We'll now replicate the above analysis for training performance. First we grab the data:

In [33]:
tdf = get_data('train', 'train_samples_per_sec')
tdf

Unnamed: 0,model,train_samples_per_sec,train_step_time,train_batch_size,train_img_size,param_count_x,top1,top1_err,top5,top5_err,param_count_y,img_size,crop_pct,interpolation,model_org,secs,family
9,levit_128s,6303.14,80.293,512,224,7.78,76.526,23.474,92.872,7.128,7.78,224,0.9,bicubic,levit_128s.fb_dist_in1k,0.000159,levit
13,levit_128,4434.56,114.332,512,224,9.21,78.490,21.510,94.012,5.988,9.21,224,0.9,bicubic,levit_128.fb_dist_in1k,0.000226,levit
14,vit_small_patch32_224,4334.06,117.284,512,224,22.88,75.994,24.006,93.270,6.730,22.88,224,0.9,bicubic,vit_small_patch32_224.augreg_in21k_ft_in1k,0.000231,vit
17,vit_tiny_r_s16_p8_224,3857.49,131.880,512,224,6.34,71.798,28.202,90.824,9.176,6.34,224,0.9,bicubic,vit_tiny_r_s16_p8_224.augreg_in21k_ft_in1k,0.000259,vit
18,levit_192,3823.94,132.765,512,224,10.95,79.838,20.162,94.778,5.222,10.95,224,0.9,bicubic,levit_192.fb_dist_in1k,0.000262,levit
...,...,...,...,...,...,...,...,...,...,...,...,...,...,...,...,...,...
620,swin_large_patch4_window12_384,41.02,388.265,16,384,196.74,87.132,12.868,98.234,1.766,196.74,384,1.0,bicubic,swin_large_patch4_window12_384.ms_in22k_ft_in1k,0.024378,swin
628,resnetrs420,32.20,487.619,16,416,191.89,85.006,14.994,97.124,2.876,191.89,416,1.0,bicubic,resnetrs420.tf_in1k,0.031056,resnetrs
631,vit_large_patch16_384,28.85,414.372,12,384,304.72,87.084,12.916,98.302,1.698,304.72,384,1.0,bicubic,vit_large_patch16_384.augreg_in21k_ft_in1k,0.034662,vit
632,beit_large_patch16_384,25.11,475.839,12,384,305.00,88.402,11.598,98.608,1.392,305.00,384,1.0,bicubic,beit_large_patch16_384.in22k_ft_in22k_in1k,0.039825,beit


Now we can repeat the same *family* plot we did above:

In [31]:
show_all(tdf, 'Training', 'train_img_size')

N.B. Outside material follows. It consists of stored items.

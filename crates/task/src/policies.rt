//! What a policy holds and lists.

ghost use Rattle.std.specs.Prelude.{◌≡◌, option_map};
ghost use Rattle.rights.specs.Views.{operation_of};
ghost use Rattle.file_tree.specs.Nodes.{node};
ghost use Rattle.task.specs.Policies.{grant_holds, grant_lists, grant_named};
ghost use Rattle.task.specs.Views.{grant_of, grants_of, nodes_of};

use crate::grants::Grant;
use crate::nodes::{TaskNode, node_begins};
use rights::Op;

/// The first grant of this name, if there is one.
#[tactic(auto, unfolding(crate::specs::Policies::grant_named))]
pub fn grant_named<'a>(grants: &'a [Grant], name: &[u8]) -> Option<&'a Grant>
    ensures { option_map (λ g. grant_of g.now) result ≡ grant_named (grants_of grants.now) name.now }
{
    match grants {
        [] => None,
        [first, rest @ ..] => {
            if first.name.as_bytes() == name {
                return Some(first);
            }
            grant_named(rest, name)
        }
    }
}

/// Whether a node, by its number, is that of the grant of this name, or beneath it, name by name. A grant that isn't there holds
/// none, and a node that isn't there counts as the root.
pub fn grant_holds(grants: &[Grant], name: &[u8], nodes: &[TaskNode], number: u16) -> bool
    ensures { result ≡ grant_holds (grants_of grants.now) name.now (node (nodes_of nodes.now) number).place }
{
    match grant_named(grants, name) {
        None => false,
        Some(grant) => node_begins(nodes, number, &grant.path),
    }
}

/// Whether the grant of this name lists the operation. A grant that isn't there lists none.
pub fn grant_lists(grants: &[Grant], name: &[u8], operation: Op) -> bool
    ensures { result ≡ grant_lists (grants_of grants.now) name.now (operation_of operation) }
{
    match grant_named(grants, name) {
        None => false,
        Some(grant) => operation.is_listed(&grant.operations),
    }
}
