//! The programs of a task.

ghost use Rattle.std.specs.Prelude.{◌≡◌, not};
ghost use Rattle.std.specs.List.{list_all};
ghost use Rattle.task.specs.Plans.{NamedProgram as NamedProgramSeen, is_marked};
ghost use Rattle.task.specs.Views.{programs_of};

use instruction_set::Program;
use texts::Name;

/// A program, and its name.
#[derive(Drop)]
pub struct NamedProgram {
    pub name: Name,
    pub program: Program,
    /// Whether it is marked: an attacker may have it execute anything once it is in capability mode. (own)
    pub untrusted: bool,
}

/// Whether the program of this name is marked. (own)
pub fn is_marked(programs: &[NamedProgram], name: &[u8]) -> bool
    ensures { result ≡ is_marked (programs_of programs.now) name.now }
{
    match programs {
        [] => false,
        [first, rest @ ..] => {
            (first.untrusted && first.name.as_bytes() == name) || is_marked(rest, name)
        }
    }
}

/// Whether none of these is marked. (own)
pub fn none_marked(programs: &[NamedProgram]) -> bool
    ensures { result ≡ list_all (λ (p : NamedProgramSeen). not p.marked) (programs_of programs.now) }
{
    match programs {
        [] => true,
        [first, rest @ ..] => !first.untrusted && none_marked(rest),
    }
}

...and we'll also look at our chosen subset of models:

In [32]:
show_subs(tdf, 'Training', 'train_img_size')

Finally, we should remember that speed depends on hardware. If you're using something other than a modern NVIDIA GPU, your results may be different. In particular, I suspect that transformers-based models might have worse performance in general on CPUs (although I need to study this more to be sure).